Mashadi community center returns to village agenda, sparks debate
A rendering of the proposed recreational center for the United Mashadi Jewish Community of America sits in front of the Village of Great Neck Board of Trustees. (Photo by Janelle Clausen)

Representatives of the United Mashadi Jewish Community of America presented revised site plans for a recreational center in the Village of Great Neck on Tuesday night, reducing  its size but still sparking concerns among some residents.

Village of Great Neck trustees approved a parking waiver for 123 spaces, contingent upon completion of a shuttle bus agreement, determined it would have “no adverse environmental impact” under state environmental quality review and approved the site plan.

The community center planned for 189-195 Steamboat Road would be considered a religious – and exclusive – use for the United Mashadi Jewish Community of America, home to basketball courts, a pool, meeting rooms, an auditorium and other features.

It was scaled back from four floors to three stories, trimming the facility down several thousand square feet to feature 74,427 square feet of usable space, following a recommendation from the Nassau County Planning Commission in December that the plan be rejected.

Joe Yaccobellis, a representative from the architectural firm Mojo Stumer, and Paul Bloom, an attorney for the applicant, said the building is 116 feet from the road with considerable setback. Sophisticated drainage systems and extra greenery will also be present.

It also appears smaller due to the incline, they said, with four nearby houses starting at a considerably higher elevation.

“We want it to look as small as possible, not as big as possible,” Yaccobellis said.

Residents, however, raised questions and concerns about occupancy, traffic and safety, as well as whether there was adequate notice about the meeting and easy access to information about the proposed development.

Two residents, including Jean Pierce, raised safety concerns about possible traffic “chaos,” despite the findings of a submitted traffic study, citing a busy summer period.

Some residents like David Zielenziger said that the late posting of the agenda online – it came on sometime between 3 p.m. and 4 p.m., he noted – did not give fair notice to residents about the meeting.

“People had no idea this was going to be heard,” Zielenziger said.

Mayor Pedram Bral said that legally there was no requirement to have a public hearing on a development like this, there have been meetings about it in the past, and this is not the last trustees meeting on the subject.

The development for 189-195 Steamboat Road has not been on a Board of Trustees agenda since Oct. 23, 2018, according to agendas on the village website. It was also a subject of trustees meetings on Oct. 9, Sept. 4, and Aug. 21.

Rebecca Rosenblatt Gilliar, a civic activist, said the questions residents were asking were relevant to the matter at hand and that the applicant has a responsibility to come prepared to answer questions about the development.

Additionally, Gilliar said that questions on fire safety, plans for a shuttle bus and occupancy should be relevant to the Board of Trustees.

Gilliar also said the property’s tax status is relevant because when a property is taken off the tax rolls, other property owners make up for the shortfall and Great Neck has 48 properties off the tax rolls – for comparison, Great Neck Estates has seven and Kings Point has six.

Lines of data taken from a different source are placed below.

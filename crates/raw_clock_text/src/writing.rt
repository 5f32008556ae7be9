//! The whole text, and the two parts of it.
ghost use Rattle.std.specs.Prelude.{◌≡◌, ◌++◌};
ghost use Rattle.raw_io.specs.Writing.{Writes};
ghost use Rattle.raw_model.specs.Waits.{waits_for};
ghost use Rattle.raw_model.specs.Outcomes.{outcome};
ghost use Rattle.raw_outcome.specs.Told.{told};
ghost use Rattle.raw_report.specs.Report.{outcome_lines};
ghost use Rattle.raw_clock.specs.Clock.{machine_at, clock};
ghost use Rattle.raw_clock.specs.Counted.{IsCounted};
ghost use Rattle.raw_clock_text.specs.Text.{tile_lines, switch_lines, port_lines, spending_text, waiting_text, cycles_text};

use crate::counted::CountedRun;
use crate::parts::{put_cycles, put_ports, put_switches, put_tiles, put_wires};
use crate::waits::put_waits;
use raw_clock::Cycles;
use raw_io::{Failed, Sink};
use raw_outcome::Outcome;
use raw_report::put_outcome;
use raw_serial::Machine;

// Puts how a set came to rest.
fn put_rest<K: Sink>(run: &CountedRun<'_, '_>, o: Outcome, out: &mut K) -> Result<(), Failed>
    requires { told (waits_for run.now.machine.now.set run.now.machine.now.state) o ≡ outcome run.now.machine.now.set run.now.machine.now.state }
    ensures { Writes (K.sight out.old) (K.sight out.new)
        (outcome_lines run.now.machine.now.set (machine_at (clock run.now.machine.now.set run.now.counts.now.cycles)) (outcome run.now.machine.now.set (machine_at (clock run.now.machine.now.set run.now.counts.now.cycles)))) result }
{
    put_outcome(run.machine, o, out)
}

// Puts how tiles, switches and ports spent the cycles.
#[tactic(auto, using(raw_io::proofs::Chains::chained))]
fn put_spent<K: Sink>(run: &CountedRun<'_, '_>, out: &mut K) -> Result<(), Failed>
    ensures { Writes (K.sight out.old) (K.sight out.new)
        (tile_lines run.now.machine.now.set run.now.counts.now.cycles
        ++ switch_lines run.now.machine.now.set run.now.counts.now.cycles
        ++ port_lines run.now.machine.now.set run.now.counts.now.cycles) result }
{
    put_tiles(run, out)?;
    put_switches(run, out)?;
    put_ports(run, out)
}

/// Writes the first part of the text, up to how the ports spent the cycles: whatever stands between the two parts comes
/// behind it.
///
/// After `Failed` a front of it is appended.
#[tactic(auto, using(raw_io::proofs::Chains::chained), unfolding(crate::specs::Text::spending_text))]
pub fn write_spending<K: Sink>(
    m: &Machine<'_>,
    o: Outcome,
    ran: &Cycles,
    out: &mut K,
) -> Result<(), Failed>
    requires outcome { told (waits_for m.now.set m.now.state) o ≡ outcome m.now.set m.now.state }
    requires counted { IsCounted m.now ran.now }
    ensures { Writes (K.sight out.old) (K.sight out.new)
        (spending_text m.now.set ran.now.cycles) result }
{
    let run = CountedRun {
        machine: m,
        counts: ran,
    };
    put_rest(&run, o, out)?;
    put_cycles(&run, out)?;
    put_spent(&run, out)
}

/// Writes the second part of the text, of waits and of what passed on wires.
///
/// After `Failed` a front of it is appended.
#[tactic(auto, using(raw_io::proofs::Chains::chained), unfolding(crate::specs::Text::waiting_text))]
pub fn write_waiting<K: Sink>(m: &Machine<'_>, ran: &Cycles, out: &mut K) -> Result<(), Failed>
    requires { IsCounted m.now ran.now }
    ensures { Writes (K.sight out.old) (K.sight out.new)
        (waiting_text m.now.set ran.now.cycles) result }
{
    let run = CountedRun {
        machine: m,
        counts: ran,
    };
    put_waits(&run, out)?;
    put_wires(&run, out)
}

/// Writes the text of the clock of a set, whose machine came to rest by it and as the outcome says: the first lines of the
/// report, then `cycles`, and what was counted of tiles, switches, ports, waits and wires. It takes no memory.
///
/// After `Failed` a front of the text is appended.
#[tactic(auto, using(raw_io::proofs::Chains::chained), unfolding(crate::specs::Text::cycles_text))]
pub fn write_cycles<K: Sink>(
    m: &Machine<'_>,
    o: Outcome,
    ran: &Cycles,
    out: &mut K,
) -> Result<(), Failed>
    requires outcome { told (waits_for m.now.set m.now.state) o ≡ outcome m.now.set m.now.state }
    requires counted { IsCounted m.now ran.now }
    ensures { Writes (K.sight out.old) (K.sight out.new)
        (cycles_text m.now.set ran.now.cycles) result }
{
    write_spending(m, o, ran, out)?;
    write_waiting(m, ran, out)
}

Judy Rosenthal, saying she was speaking on behalf of “a lot of residents,” said State Environmental Quality Review documents should have been made available in advance of the hearing.

Harold Citron, a Great Neck resident and recent trustee candidate, said he is not seeking a full presentation and also asked that if the scope of the meeting would be limited, “What is the appropriate forum?”

Bloom said it is not the responsibility of the development team to “rehash hours and hours” of testimony and that a complete record with answers to several questions is available with the village.

He also said that, with two other Mashadi facilities nearby and a shuttle service being offered, there is “more than sufficient parking.”

Asked about access to the complete record, Bral and Deputy Mayor Bart Sobel said the documents could be obtained by a Freedom of Information request.

Gilliar said she didn’t plan to bring her FOIL request issues into the public space, but said a FOIL request from Feb. 26 and two from April were never responded to and the appeal process was never presented to her.

“When he says I want to have this information and you say it’s readily available, I’m saying show me yours, because I’m not seeing it,” Gilliar said.

The full Board of Trustees meeting can be viewed on the Village of Great Neck’s Facebook page.

The United Mashadi Jewish Community Center will be taken up again at a Zoning Board of Appeals meeting on Thursday, July 11, at Village Hall.

The next Board of Trustees meeting will take place on Tuesday, July 16, at 7:30 p.m., where representatives said they would present more details about the shuttle bus plan.